How can I extract reads from a
bam file (produced by
fastq given a list of reference sequences to filter out?
- maintaining FR orientation of pair end reads (in
bamall the sequences are reference sequences)
- keeping R1 and R2 reads
- keeping quality scores in the same encoding as original fastq (default illumina phred scores in my case)
- bam can be (ana usually is) sorted by coordinates
Almost there solutions
Sujai's perl solution in blobology does exact opposite - getting reads from list of references (so I could just reverse the list). The disadvantage is that the script outputs an interleaved
fqfile; requires unique names of mates, otherwise R1/R2 information is lost.

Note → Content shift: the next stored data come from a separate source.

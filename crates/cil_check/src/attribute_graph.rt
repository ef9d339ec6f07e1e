//! The attributes of a policy by numbers, and which of them set statements mention.

ghost use Rattle.std.specs.Prelude.{◌≡◌, ◌<◌, ◌⊎◌, ◌↔◌, ℕ, List, Some, length, slice_get, IfOk, OnOk};
ghost use Rattle.cil_check.specs.Common.{Word, Placed, types, references, kind_of, IsOf};
ghost use Rattle.cil_bind.specs.Binding.{AreLeads};
ghost use Rattle.cil_parse.specs.declared.row.StatementKind.TheVariants.{TypeAttributeSet};
ghost use Rattle.cil_dependence.specs.Graph.{IsEdge};
ghost use Rattle.cil_check.specs.AttributeGraph.{attribute_count, number_led, AreAttributesOf, Mentions, IsGraphOf};

use crate::bound::BoundPolicy;
use crate::kinds::Kind;
use cil_bind::References;
use cil_dependence::{add_edge, without_edges};
use cil_parse::StatementKind;
use std::alloc::{AllocError, Allocator, Global};

/// The attributes of a policy by numbers, in the order of the statements that declare them.
#[derive(Drop)]
pub struct AttributeNumbers<A: Allocator = Global> {
    /// For each statement, how many attributes those in front of it declare.
    pub numbers: Vec<usize, A>,
    /// For each attribute, the place of its statement.
    pub places: Vec<usize, A>,
}

impl<A: Allocator + Copy> AttributeNumbers<A> {
    /// The attributes of a policy.
    #[inline(never)]
    pub fn of(alloc: A, bound: &BoundPolicy<'_, '_, A>) -> Result<Self, AllocError>
        requires { (policy : List Placed) × IsOf bound.now policy }
        ensures { IfOk result (λ attributes. (policy : List Placed) → IsOf bound.now policy
            → AreAttributesOf attributes policy) }
    {
        let mut numbers = Vec::with_capacity(alloc, bound.len())?;
        let mut places = Vec::new(alloc);
        for i in 0..bound.len() {
            numbers.push(places.len())?;
            if Kind::Attribute.is(bound.kind(i)) {
                places.push(i)?;
            }
        }
        Ok(AttributeNumbers { numbers, places })
    }
}

impl<A: Allocator> AttributeNumbers<A> {
    /// How many attributes are declared in front of a place.
    fn number_at(&self, place: u32) -> Option<usize>
        ensures { result ≡ slice_get self.now.numbers.items place }
    {
        self.numbers.get(place as usize).copied()
    }

    /// The number of the attribute that a reference leads to, if it leads to one.
    fn led(&self, bound: &BoundPolicy<'_, '_, A>, cited: &References<'_>, k: usize) -> Option<usize>
        requires { (policy : List Placed) × IsOf bound.now policy }
        ensures { (policy : List Placed) (s : Placed) (word : Word) → IsOf bound.now policy
            → AreAttributesOf self.now policy
            → AreLeads policy s.namespace (references s.form) cited.now
            → slice_get (references s.form) k ≡ Some (types, word)
            → result ≡ number_led policy s.namespace word }
    {
        let place = cited.place(k)?;
        if bound.is(place, Kind::Attribute) {
            self.number_at(place)
        } else {
            None
        }
    }

    /// Puts in an edge for each attribute that the set statement of a place mentions.
    fn add_set(
        &self,
        bound: &BoundPolicy<'_, '_, A>,
        i: usize,
        graph: &mut Vec<Vec<usize, A>, A>,
    ) -> Result<(), AllocError>
        requires { (policy : List Placed) × (s : Placed) × IsOf bound.now policy
            × AreAttributesOf self.now policy × (slice_get policy i ≡ Some s)
            × (kind_of s.form ≡ TypeAttributeSet)
            × (length graph.old.items ≡ attribute_count policy) }
        ensures nodes { OnOk result (length graph.new.items ≡ length graph.old.items) }
        ensures edges { OnOk result ((policy : List Placed) (s : Placed) → IsOf bound.now policy
            → AreAttributesOf self.now policy → slice_get policy i ≡ Some s
            → kind_of s.form ≡ TypeAttributeSet → (a b : ℕ)
            → IsEdge graph.new.items a b ↔ (IsEdge graph.old.items a b ⊎ Mentions policy s a b)) }
    {
        let cited = bound.references(i);
        let Some(from) = self.led(bound, &cited, 0) else {
            return Ok(());
        };
        for k in 1..cited.len() {
            if let Some(to) = self.led(bound, &cited, k) {
                add_edge(graph, from, to)?;
            }
        }
        Ok(())
    }
}

impl<A: Allocator + Copy> AttributeNumbers<A> {
    /// The graph of the attributes: an edge leads from each to those that its set statements mention.
    #[inline(never)]
    pub fn graph(
        &self,
        alloc: A,
        bound: &BoundPolicy<'_, '_, A>,
    ) -> Result<Vec<Vec<usize, A>, A>, AllocError>
        requires { (policy : List Placed) × IsOf bound.now policy × AreAttributesOf self.now policy }
        ensures { IfOk result (λ graph. (policy : List Placed) → IsOf bound.now policy
            → AreAttributesOf self.now policy → IsGraphOf policy graph.items) }
    {
        let mut graph = without_edges(alloc, self.places.len())?;
        let kinds = bound.kinds();
        for i in 0..kinds.len() {
            if let StatementKind::TypeAttributeSet = kinds[i] {
                self.add_set(bound, i, &mut graph)?;
            }
        }
        Ok(graph)
    }
}
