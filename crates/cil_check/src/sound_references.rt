//! References that are bound, and to no alias without an actual type.

ghost use Rattle.std.specs.Prelude.{◌≡◌, ◌<◌, List, Some, true, is_some, length, slice_get, IsTrue};
ghost use Rattle.std.specs.List.{list_all, AllByRecursion};
ghost use Rattle.cil_bind.specs.Binding.{AreLeads};
ghost use Rattle.cil_check.specs.Common.{Placed, references, IsNoted};
ghost use Rattle.cil_check.specs.Clean.{is_other, is_sound as is_sound_lead, are_sound as are_sound_leads, HaveActuals, IsSettled, IsSound};

use crate::checker::Checker;
use crate::kinds::Kind;
use cil_bind::References;
use std::alloc::Allocator;

/// Whether all of some references are bound.
#[inline(always)]
fn are_bound(bound: &References<'_>) -> bool
    ensures { IsTrue result → list_all is_some bound.now ≡ true }
{
    for k in 0..bound.len() {
        if !bound.place(k).is_some() {
            return false;
        }
    }
    true
}

impl<'p, 'm, A: Allocator + Copy> Checker<'p, 'm, A> {
    /// Whether a reference is bound, and not to an alias without an actual type.
    fn is_sound(&self, found: Option<u32>) -> bool
        ensures { result
            ≡ is_sound_lead self.now.bound.policy.now.kinds.items self.now.actuals found }
    {
        let Some(place) = found else {
            return false;
        };
        match self.bound.policy.kinds.get(place as usize) {
            Some(kind) => !Kind::Alias.is(*kind) || self.actuals.get(place).is_some(),
            None => false,
        }
    }

    /// Whether a place is that of a statement, and not of an alias.
    #[inline(always)]
    fn is_other(&self, place: u32) -> bool
        ensures { result ≡ is_other (slice_get self.now.bound.policy.now.kinds.items place) }
    {
        match self.bound.policy.kinds.get(place as usize) {
            Some(kind) => !Kind::Alias.is(*kind),
            None => false,
        }
    }

    /// Whether a reference is bound, and to no alias. No statement has the place that stands for
    /// nowhere here, since there are fewer than 2^32.
    #[inline(always)]
    fn is_plainly_sound(&self, found: Option<u32>) -> bool
        ensures { IsTrue result → (policy : List Placed) → IsNoted self.now policy
            → is_sound_lead self.now.bound.policy.now.kinds.items self.now.actuals found ≡ true }
    {
        self.is_other(found.unwrap_or(u32::MAX))
    }

    /// Whether all of some references are bound, and none to an alias.
    #[inline(always)]
    fn are_plainly_sound(&self, bound: &References<'_>) -> bool
        ensures { IsTrue result → (policy : List Placed) → IsNoted self.now policy
            → are_sound_leads self.now.bound.policy.now.kinds.items self.now.actuals bound.now ≡ true }
    {
        for k in 0..bound.len() {
            if !self.is_plainly_sound(bound.place(k)) {
                return false;
            }
        }
        true
    }

    /// Whether all of some references are bound, and none to an alias without an actual type, by
    /// going over them one by one.
    #[cold]
    #[inline(never)]
    fn are_each_sound(&self, bound: &References<'_>) -> bool
        ensures { result
            ≡ are_sound_leads self.now.bound.policy.now.kinds.items self.now.actuals bound.now }
    {
        for k in 0..bound.len() {
            if !self.is_sound(bound.place(k)) {
                return false;
            }
        }
        true
    }

    /// Whether all of some references are bound, and none to an alias without an actual type. Most
    /// lead to no alias.
    #[inline(always)]
    fn are_sound(&self, bound: &References<'_>) -> bool
        ensures { (policy : List Placed) → IsNoted self.now policy → result
            ≡ are_sound_leads self.now.bound.policy.now.kinds.items self.now.actuals bound.now }
    {
        self.are_plainly_sound(bound) || self.are_each_sound(bound)
    }

    /// Whether no alias lacks an actual type. All aliases are among the statements about names.
    #[inline(never)]
    pub(crate) fn have_actuals(&self) -> bool
        requires { (policy : List Placed) × IsNoted self.now policy }
        ensures { IsTrue result
            → HaveActuals self.now.bound.policy.now.kinds.items self.now.actuals }
    {
        let places = self.bound.name_places();
        for k in 0..places.len() {
            if !self.is_sound(Some(places[k])) {
                return false;
            }
        }
        true
    }

    /// Whether the statement of a place stands in an optional, by whether no alias lacks an actual
    /// type. In a kept optional all names are found, so it needn't be looked at for these.
    #[inline(always)]
    pub(crate) fn is_settled(&self, place: usize, aliases_set: bool) -> bool
        requires { (policy : List Placed) × IsNoted self.now policy × (place < length policy) }
        ensures { IsTrue result → (policy : List Placed) (s : Placed) → IsNoted self.now policy
            → slice_get policy place ≡ Some s
            → (IsTrue aliases_set → HaveActuals self.now.bound.policy.now.kinds.items self.now.actuals)
            → IsSettled policy s }
    {
        if !aliases_set {
            return false;
        }
        self.bound.is_inside(place)
    }

    /// Whether all references of the statement of a place are bound, and none to an alias without
    /// an actual type.
    #[inline(never)]
    pub(crate) fn are_sound_at(&self, place: usize) -> bool
        requires { (policy : List Placed) × IsNoted self.now policy × (place < length policy) }
        ensures { IsTrue result → (policy : List Placed) (s : Placed) → IsNoted self.now policy
            → slice_get policy place ≡ Some s
            → AllByRecursion (IsSound policy s.namespace) (references s.form) }
    {
        self.are_sound(&self.bound.references(place))
    }

    /// The same by whether no alias lacks an actual type, and by where the references lead. Where no
    /// alias lacks one, the kinds of what they lead to needn't be looked at.
    #[inline(always)]
    pub(crate) fn are_sound_by(
        &self,
        aliases_set: bool,
        place: usize,
        bound: &References<'_>,
    ) -> bool
        requires { (policy : List Placed) × IsNoted self.now policy × (place < length policy) }
        ensures { IsTrue result → (policy : List Placed) (s : Placed) → IsNoted self.now policy
            → (IsTrue aliases_set → HaveActuals self.now.bound.policy.now.kinds.items self.now.actuals)
            → slice_get policy place ≡ Some s
            → AreLeads policy s.namespace (references s.form) bound.now
            → AllByRecursion (IsSound policy s.namespace) (references s.form) }
    {
        if aliases_set {
            return are_bound(bound);
        }
        self.are_sound_at(place)
    }
}
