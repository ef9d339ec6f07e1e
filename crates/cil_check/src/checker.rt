//! The first fault of a policy whose references are bound, but for names that are declared twice.

ghost use Rattle.std.specs.Prelude.{◌≡◌, ◌≢◌, ◌<◌, ◌^◌, ◌+◌, ◌||◌, [], List, length, Some, None, slice_get, take, filter, IfOk, IfErr, OnOk};
ghost use Rattle.cil_check.specs.Common.{Word, Placed, types, references, is_of_another_kind, wrong_kind_words, is_unset, alias_unset_words, IsFaultOf, circular, words_in, AreNumbersOf, names_of, IsOf, IsSeen, Reads, IsNoted, HasFirsts, policy_kind_of, IsFoundFault, PolicyFaultIs, IsLeast, IsFaultIn, IsFaultless, HasNoneBelow, HasInherited, HaveListed, HaveWords, test_of, word_if, again_words, given_kind};
ghost use Rattle.cil_check.specs.Associations.{HasFirstsOf};
ghost use Rattle.cil_check.specs.Inherited.{HasInheritedOf};
ghost use Rattle.cil_specs.specs.Expr.{WordExpr, leaves};
ghost use Rattle.cil_specs.specs.Statements.{attribute_set};
ghost use Rattle.cil_specs.proofs.FirstLemmas.{faulty_words};
ghost use Rattle.cil_check.specs.declared.firsts.Association.TheVariants.{Actual, Common};
ghost use Rattle.cil_check.specs.declared.fault.PolicyFault.TheVariants.{Memory};
ghost use Rattle.cil_check.specs.declared.fault.PolicyFaultKind.TheVariants.{Twice, Circular};

use crate::bound::{BoundPolicy, Seen};
use crate::fault::{PolicyFault, PolicyFaultKind};
use crate::firsts::{Association, Firsts};
use crate::groups::Groups;
use crate::inherited::add_common;
use crate::kinds::Kind;
use crate::permissions::Permissions;
use crate::witnesses::Witnesses;
use cil_names::counted_in_32_bits;
use cil_parse::{NumberedWord, StatementKind};
use std::alloc::{AllocError, Allocator, Global};

/// The kinds of faults that are seen at one statement, but for names that are declared twice, in the order of their codes.
pub(crate) const CHECKED: [PolicyFaultKind; 6] = [
    PolicyFaultKind::Missing,
    PolicyFaultKind::WrongKind,
    PolicyFaultKind::AliasTwice,
    PolicyFaultKind::AliasUnset,
    PolicyFaultKind::SecondCommon,
    PolicyFaultKind::TooManyPermissions,
];

/// Whether statements of a kind give an actual type or a common.
fn gives_any(kind: StatementKind) -> bool
    ensures { result ≡ (given_kind Actual kind || given_kind Common kind) }
{
    Association::Actual.is_given_by(kind) || Association::Common.is_given_by(kind)
}
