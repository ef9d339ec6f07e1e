//! The commons that statements give to classes.

ghost use Rattle.std.specs.Prelude.{◌≡◌, ◌+◌, ℕ, List, Some, length, slice_get, take, OnOk};
ghost use Rattle.cil_check.specs.Common.{Placed, IsSeen};
ghost use Rattle.cil_check.specs.Inherited.{HasInheritedOf};

use crate::bound::Seen;
use crate::firsts::Association;
use crate::groups::Groups;
use std::alloc::{AllocError, Allocator};

/// Takes up, for a class by the place of its statement, the place of the common that a statement
/// gives it, if it gives one.
pub fn add_common<A: Allocator + Copy>(
    inherited: &mut Groups<A>,
    alloc: A,
    seen: &Seen<'_, '_, A>,
) -> Result<(), AllocError>
    requires { length inherited.old.0 ≡ length inherited.old.1 }
    ensures same { OnOk result (length inherited.new.0 ≡ length inherited.new.1) }
    ensures noted { OnOk result ((policy : List Placed) (s : Placed) (place : ℕ)
        → IsSeen seen.now policy s → slice_get policy place ≡ Some s
        → HasInheritedOf policy (take place policy) inherited.old
        → HasInheritedOf policy (take (place + 1) policy) inherited.new) }
{
    let Some(class) = Association::Common.lead(seen) else {
        return Ok(());
    };
    let Some(common) = seen.lead(1) else {
        return Ok(());
    };
    inherited.insert(alloc, class, common)?;
    Ok(())
}
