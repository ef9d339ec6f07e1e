//! The faults of a policy whose references are bound, but for names that are declared twice.
#![tactic(auto)]

mod attribute_graph;
mod bound;
mod checker;
mod circular;
mod clean;
mod fault;
mod few;
mod firsts;
mod groups;
mod held;
mod inherited;
mod kinds;
mod known;
mod missing;
mod named_permissions;
mod permissions;
mod sound_references;
mod too_many;
mod witnesses;

pub use attribute_graph::AttributeNumbers;
pub use bound::{BoundPolicy, Seen};
pub use checker::Checker;
pub use fault::{PolicyFault, PolicyFaultKind};
pub use firsts::{Association, Firsts};
pub use groups::Groups;
pub use kinds::Kind;
pub use permissions::{Listed, Permissions};
pub use witnesses::Witnesses;
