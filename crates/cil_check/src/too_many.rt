//! Classes of too many permissions.

ghost use Rattle.std.specs.Prelude.{◌≡◌, List, Some, slice_get};
ghost use Rattle.cil_check.specs.Common.{Placed, classes, has_too_many, too_many_words, IsFirstOf, IsSeen, Reads, IsNoted};

use crate::bound::Seen;
use crate::checker::Checker;
use crate::few::Few;
use cil_parse::{NumberedWord, StatementKind};
use std::alloc::Allocator;

impl<'p, 'm, A: Allocator> Checker<'p, 'm, A> {
    /// Whether the class of a place has more than 32 permissions, its commons' included, each counted once. It looks at no more than 33 of
    /// its own, and at no more than 33 of each common.
    fn has_too_many(&self, class: u32) -> bool
        requires { (policy : List Placed) × (s : Placed) × IsNoted self.now policy × (slice_get policy class ≡ Some s) }
        ensures { (policy : List Placed) (s : Placed) → IsNoted self.now policy → slice_get policy class ≡ Some s → IsFirstOf classes policy class → result ≡ has_too_many policy s }
    {
        let mut few = Few::new();
        few.insert_all(self.permissions.words.get(class as usize));
        for common in self.inherited.get(class) {
            few.insert_all(self.permissions.words.get(*common as usize));
        }
        few.is_over()
    }

    /// The name of the class that the statement at a place declares, if it has more than 32 permissions.
    pub fn too_many_word(&self, place: usize, seen: &Seen<'p, 'm, A>) -> Option<NumberedWord>
        requires { (policy : List Placed) × (s : Placed) × IsNoted self.now policy × (slice_get policy place ≡ Some s) }
        ensures { (policy : List Placed) (s : Placed) → IsNoted self.now policy → IsSeen seen.now policy s → slice_get policy place ≡ Some s → Reads seen.now result (slice_get (too_many_words policy s) 0) }
    {
        match seen.view.kind {
            StatementKind::Class => {
                if self.has_too_many(place as u32) {
                    seen.word(0)
                } else {
                    None
                }
            }
            _ => None,
        }
    }
}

samtools + grep them all from fastq files
create a list of read names that do not map to filtered scaffolds. (cut will extract just read names, uniq will collapse pair end read names if they are the same). Then grep read names from fastq files and remove -- separator between hits
samtools view foo.bam | grep -vf list_of_scaffols_filter \ | cut -f 1 | uniq > list_of_reads_to_keep grep -A 3 -f list_of_reads_to_keep foo_R1.fq | grep -v "^--$" > foo_R1_filtered_bash.fq grep -A 3 -f list_of_reads_to_keep foo_R2.fq | grep -v "^--$" > foo_R1_filtered_bash.fq
- filter bam & picard tools
Or I could do just the filtering part and use Picard-tools (Picard.SamToFastq), but as usual I am avoiding java as much as I can. I guess
samtools view foo.bam | grep -vf list_of_scaffols_filter \ | java -jar picard.jar SamToFastq INPUT=/dev/stdin \ FASTQ=foo_R1_filtered_bash.fq SECOND_END_FASTQ=foo_R2_filtered_bash.fq
The first solution does not really work for me since I do not want to rename all the reads in bam file and I want to keep the R1/R2 information (since R1 and R2 have different error profiles). Both solutions 2 and 3 I find bit clumsy and I am not sure if they are general, I might get some unexpected behaviour if one of reads is mapped second is not... They both relay on the same filtering step.
I was wondering about some pysam solution. I guess it will be much slower, but at least it will be much clearer and perhaps more general. Something like in Convert Bam File To Fasta File - there is pysam solution for fasta (not fastq), almost there...
I have very fragmented reference genome. Some of scaffolds them are too small to works with, and some of them are contaminants (identified using blobtools). I want to separate reads that are mapping to different groups to separate contaminants, short scaffolds and scaffold that will be used for downstream analysis. The reason is that if we remap all the reads to filtered reference (0.7 - 0.8 of original genome), the most of them (0.95 - 0.99) will still find a place where they map, therefore there is 0.2 - 0.3 of misplaced reads that will obviously have to affect downstream analysis, like variant calling.
This filtering idea is based logic that if the filtered duplicated genomic region will contain some small differences, they will attract their reads (and if I filter them I will improve variant calling) and if they will be exactly same, they will get reads assigned at random, so there is no harm in doing that.